YOUR INSTRUCTIONS:
Only the lines with the string "being" are needed; return each of them from the entries below.

SUPPLIED INFORMATION:

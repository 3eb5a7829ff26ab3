ghost use Rattle.std.specs.Prelude.{◌≡◌, ◌∷◌, ◌+◌, ◌++◌, ◌<◌, ◌^◌, [], pos, IfOk, IfSome, OnOk, drop, length};
ghost use Rattle.core_form.specs.Fine.{AreFineNodes};
ghost use Rattle.core_form.specs.Code.{Assign, Constant, Skip, code_of, expr_of};
ghost use Rattle.first_lower.specs.Known.{Each, KnownWord, KnownSum, KnownTest, KnownLine};
ghost use Rattle.first_lower.specs.Levels.{Reaches, IsWithin, closed, codes_after, codes_of, ended, ends, levels_after, levels_of, main_of, turned};
ghost use Rattle.first_lower.specs.Lowered.{chain, whole, checked, low_assignment, low_variable, low_variables};
ghost use Rattle.first_lower.specs.Steps.{Adds, Lists, codes_before};
ghost use Rattle.first_path.specs.declared.source.Line.TheVariants as line;

use crate::exprs::{add_checked, add_integer, add_test, whole_leaf, whole_place};
use core_form::{CoreExpr, CoreStmt, Nodes};
use first_conditions::KeyTable;
use first_path::{Line, Sum, Test, Variable, Word};
use spark_base::{ExprNo, Items, LeafNo, NoMemory, StmtNo};
use std::alloc::Global;
use std::collections::VecDeque;

/// Adds statements as one sequence.
pub fn add_sequence(nodes: &mut Nodes, list: Items<StmtNo>) -> Result<StmtNo, NoMemory>
    requires fine { AreFineNodes nodes.old }
    requires within { Each (λ s. s.0 < length nodes.old.stmts) list }
    ensures adds { Adds nodes.old nodes.new }
    ensures within { IfOk result (λ s. s.0 < length nodes.new.stmts) }
    ensures code { IfOk result (λ s. code_of nodes.new.exprs nodes.new.stmts s
        ≡ codes_before (code_of nodes.old.exprs nodes.old.stmts) list Skip) }
{
    let sequence = nodes.add_stmt(CoreStmt::Seq(list))?;
    Ok(sequence)
}

/// Adds an assignment.
fn add_assignment(
    alloc: Global,
    nodes: &mut Nodes,
    table: &KeyTable,
    target: &Word,
    value: &Sum,
) -> Result<StmtNo, NoMemory>
    requires fine { AreFineNodes nodes.old }
    requires leaves { nodes.old.leaves ≡ length table.now }
    requires target { KnownWord table.now target.now }
    requires value { KnownSum table.now value.now }
    ensures adds { Adds nodes.old nodes.new }
    ensures within { IfOk result (λ s. s.0 < length nodes.new.stmts) }
    ensures code { IfOk result (λ s. code_of nodes.new.exprs nodes.new.stmts s
        ≡ low_assignment table.now target.now value.now) }
{
    let to = whole_place(alloc, table, target)?;
    let from = add_checked(alloc, nodes, table, value)?;
    nodes.add_stmt(CoreStmt::Move {
        to,
        from,
        at: target.span,
    })
}

/// An if that is open.
#[derive(Debug, Drop)]
struct Open {
    /// What stands before it in its list.
    before: Items<StmtNo>,
    test: ExprNo,
    /// Its first side, once its else was read.
    main: Option<StmtNo>,
}

/// What is unfinished: the statements of the list that is being read, and the ifs that are open, from the innermost.
#[derive(Debug, Drop)]
struct Unfinished {
    list: Items<StmtNo>,
    ifs: VecDeque<Open>,
}

impl Unfinished {
    /// Takes the statements of the list that is being read.
    fn take_list(&mut self, alloc: Global) -> Items<StmtNo>
        ensures list { result ≡ self.old.list }
        ensures new { self.new.list ≡ [] }
        ensures ifs { self.new.ifs.items ≡ self.old.ifs.items }
    {
        std::mem::replace(&mut self.list, Items::new(alloc))
    }
}

/// Adds an assignment to the list.
fn append_assignment(
    alloc: Global,
    nodes: &mut Nodes,
    table: &KeyTable,
    unfinished: &mut Unfinished,
    target: &Word,
    value: &Sum,
) -> Result<(), NoMemory>
    requires fine { AreFineNodes nodes.old }
    requires leaves { nodes.old.leaves ≡ length table.now }
    requires target { KnownWord table.now target.now }
    requires value { KnownSum table.now value.now }
    requires within { IsWithin nodes.old unfinished.old }
    ensures { OnOk result (Reaches nodes.old nodes.new unfinished.new (levels_of nodes.old unfinished.old.ifs.items)
        (codes_of nodes.old unfinished.old.list ++ low_assignment table.now target.now value.now ∷ [])) }
{
    let next = add_assignment(alloc, nodes, table, target, value)?;
    unfinished.list.push(next)?;
    Ok(())
}

/// Opens an if.
fn open_if(
    alloc: Global,
    nodes: &mut Nodes,
    table: &KeyTable,
    unfinished: &mut Unfinished,
    test: &Test,
) -> Result<(), NoMemory>
    requires fine { AreFineNodes nodes.old }
    requires leaves { nodes.old.leaves ≡ length table.now }
    requires test { KnownTest table.now test.now }
    requires within { IsWithin nodes.old unfinished.old }
    ensures { OnOk result (Reaches nodes.old nodes.new unfinished.new
        (levels_after table.now (levels_of nodes.old unfinished.old.ifs.items) (codes_of nodes.old unfinished.old.list)
        (line.If test.now)) []) }
{
    let test = add_test(alloc, nodes, table, test)?;
    let before = unfinished.take_list(alloc);
    unfinished.ifs.push_front(Open {
        before,
        test,
        main: None,
    })?;
    Ok(())
}

/// Goes on to the else of the innermost if. Where none is open, which is so of no list of statements, nothing is kept.
#[tactic(auto, using(crate::proofs::Levels::reaches_nothing))]
fn turn(alloc: Global, nodes: &mut Nodes, unfinished: &mut Unfinished) -> Result<(), NoMemory>
    requires fine { AreFineNodes nodes.old }
    requires within { IsWithin nodes.old unfinished.old }
    ensures { OnOk result (Reaches nodes.old nodes.new unfinished.new
        (turned (levels_of nodes.old unfinished.old.ifs.items) (chain (codes_of nodes.old unfinished.old.list))) []) }
{
    let list = unfinished.take_list(alloc);
    let side = add_sequence(nodes, list)?;
    if let Some(open) = unfinished.ifs.pop_front() {
        unfinished.ifs.push_front(Open {
            main: Some(side),
            ..open
        })?;
    }
    Ok(())
}

/// Adds an if, whose last side this is.
fn add_branch(
    alloc: Global,
    nodes: &mut Nodes,
    test: ExprNo,
    main: Option<StmtNo>,
    side: StmtNo,
) -> Result<StmtNo, NoMemory>
    requires fine { AreFineNodes nodes.old }
    requires test { test.0 < length nodes.old.exprs }
    requires main { IfSome main (λ s. s.0 < length nodes.old.stmts) }
    requires side { side.0 < length nodes.old.stmts }
    ensures adds { OnOk result (Adds nodes.old nodes.new) }
    ensures within { IfOk result (λ s. s.0 < length nodes.new.stmts) }
    ensures code { IfOk result (λ s. code_of nodes.new.exprs nodes.new.stmts s
        ≡ closed (record { before = []; test = expr_of nodes.old.exprs test; main = main_of nodes.old main })
        (code_of nodes.old.exprs nodes.old.stmts side)) }
{
    match main {
        Some(yes) => nodes.add_stmt(CoreStmt::If {
            test,
            yes,
            no: side,
        }),
        None => {
            let no = add_sequence(nodes, Items::new(alloc))?;
            nodes.add_stmt(CoreStmt::If {
                test,
                yes: side,
                no,
            })
        }
    }
}

/// Ends the innermost if. Where none is open, which is so of no list of statements, nothing is changed.
#[tactic(auto, using(crate::proofs::Levels::reaches_no_end))]
fn close(alloc: Global, nodes: &mut Nodes, unfinished: &mut Unfinished) -> Result<(), NoMemory>
    requires fine { AreFineNodes nodes.old }
    requires within { IsWithin nodes.old unfinished.old }
    ensures { OnOk result (Reaches nodes.old nodes.new unfinished.new (drop 1 (levels_of nodes.old unfinished.old.ifs.items))
        (ended (levels_of nodes.old unfinished.old.ifs.items) (codes_of nodes.old unfinished.old.list))) }
{
    let Some(open) = unfinished.ifs.pop_front() else {
        return Ok(());
    };
    let Open { before, test, main } = open;
    let list = std::mem::replace(&mut unfinished.list, before);
    let side = add_sequence(nodes, list)?;
    let branch = add_branch(alloc, nodes, test, main, side)?;
    unfinished.list.push(branch)?;
    Ok(())
}

/// Adds a line.
#[tactic(auto, using(crate::proofs::Levels::reaches_same))]
fn add_line(
    alloc: Global,
    nodes: &mut Nodes,
    table: &KeyTable,
    unfinished: &mut Unfinished,
    line: &Line,
) -> Result<(), NoMemory>
    requires fine { AreFineNodes nodes.old }
    requires leaves { nodes.old.leaves ≡ length table.now }
    requires known { KnownLine table.now line.now }
    requires within { IsWithin nodes.old unfinished.old }
    ensures { OnOk result (Reaches nodes.old nodes.new unfinished.new
        (levels_after table.now (levels_of nodes.old unfinished.old.ifs.items) (codes_of nodes.old unfinished.old.list) line.now)
        (codes_after table.now (levels_of nodes.old unfinished.old.ifs.items) (codes_of nodes.old unfinished.old.list) line.now)) }
{
    match line {
        Line::Null => Ok(()),
        Line::Assign { target, value } => {
            append_assignment(alloc, nodes, table, unfinished, target, value)
        }
        Line::If(test) => open_if(alloc, nodes, table, unfinished, test),
        Line::Else => turn(alloc, nodes, unfinished),
        Line::EndIf => close(alloc, nodes, unfinished),
    }
}

/// Adds the statements of lines, as one sequence.
pub fn add_lines(
    alloc: Global,
    nodes: &mut Nodes,
    table: &KeyTable,
    lines: &[Line],
) -> Result<StmtNo, NoMemory>
    requires fine { AreFineNodes nodes.old }
    requires leaves { nodes.old.leaves ≡ length table.now }
    requires known { Each (KnownLine table.now) lines.now }
    ensures adds { OnOk result (Adds nodes.old nodes.new) }
    ensures within { IfOk result (λ s. s.0 < length nodes.new.stmts) }
    ensures code { IfOk result (λ s. code_of nodes.new.exprs nodes.new.stmts s ≡ ends table.now [] [] lines.now) }
{
    let mut unfinished = Unfinished {
        list: Items::new(alloc),
        ifs: VecDeque::new(alloc),
    };
    for line in lines {
        add_line(alloc, nodes, table, &mut unfinished, line)?;
    }
    let Unfinished { list, .. } = unfinished;
    let sequence = add_sequence(nodes, list)?;
    Ok(sequence)
}

/// Adds the elaboration of a variable behind the statements of a list.
fn append_variable(
    alloc: Global,
    nodes: &mut Nodes,
    list: &mut Items<StmtNo>,
    leaf: LeafNo,
    variable: &Variable,
) -> Result<(), NoMemory>
    requires fine { AreFineNodes nodes.old }
    requires leaf { leaf.0 < nodes.old.leaves }
    requires within { Each (λ s. s.0 < length nodes.old.stmts) list.old }
    ensures { OnOk result (Lists nodes.old nodes.new list.old list.new (low_variable leaf.0 variable.now)) }
{
    let fresh = nodes.add_stmt(CoreStmt::Fresh(leaf))?;
    list.push(fresh)?;
    let initial = add_initial(alloc, nodes, leaf, variable)?;
    list.push(initial)?;
    Ok(())
}

/// Adds the move of an initial value.
fn add_initial(
    alloc: Global,
    nodes: &mut Nodes,
    leaf: LeafNo,
    variable: &Variable,
) -> Result<StmtNo, NoMemory>
    requires fine { AreFineNodes nodes.old }
    requires leaf { leaf.0 < nodes.old.leaves }
    ensures adds { Adds nodes.old nodes.new }
    ensures within { IfOk result (λ s. s.0 < length nodes.new.stmts) }
    ensures code { IfOk result (λ s. code_of nodes.new.exprs nodes.new.stmts s
        ≡ Assign (whole leaf.0) (checked (Constant (pos variable.now.value))) variable.now.name.span) }
{
    let value = nodes.add_expr(CoreExpr::Value(i128::from(variable.value)))?;
    let from = add_integer(nodes, value)?;
    let to = whole_leaf(alloc, leaf);
    nodes.add_stmt(CoreStmt::Move {
        to,
        from,
        at: variable.name.span,
    })
}

/// Adds the elaboration of the variables, as one sequence.
pub fn add_variables(
    alloc: Global,
    nodes: &mut Nodes,
    variables: &[Variable],
) -> Result<StmtNo, NoMemory>
    requires fine { AreFineNodes nodes.old }
    requires leaves { nodes.old.leaves ≡ length variables.now }
    ensures adds { OnOk result (Adds nodes.old nodes.new) }
    ensures within { IfOk result (λ s. s.0 < length nodes.new.stmts) }
    ensures code { IfOk result (λ s. code_of nodes.new.exprs nodes.new.stmts s ≡ low_variables 0 variables.now) }
{
    let mut list = Items::new(alloc);
    for (i, variable) in variables.iter().enumerate() {
        append_variable(alloc, nodes, &mut list, LeafNo(i as u32), variable)?;
    }
    let sequence = add_sequence(nodes, list)?;
    Ok(sequence)
}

RESPONSE TO THIS TASK:
/// What is unfinished: the statements of the list that is being read, and the ifs that are open, from the innermost.
    /// Takes the statements of the list that is being read.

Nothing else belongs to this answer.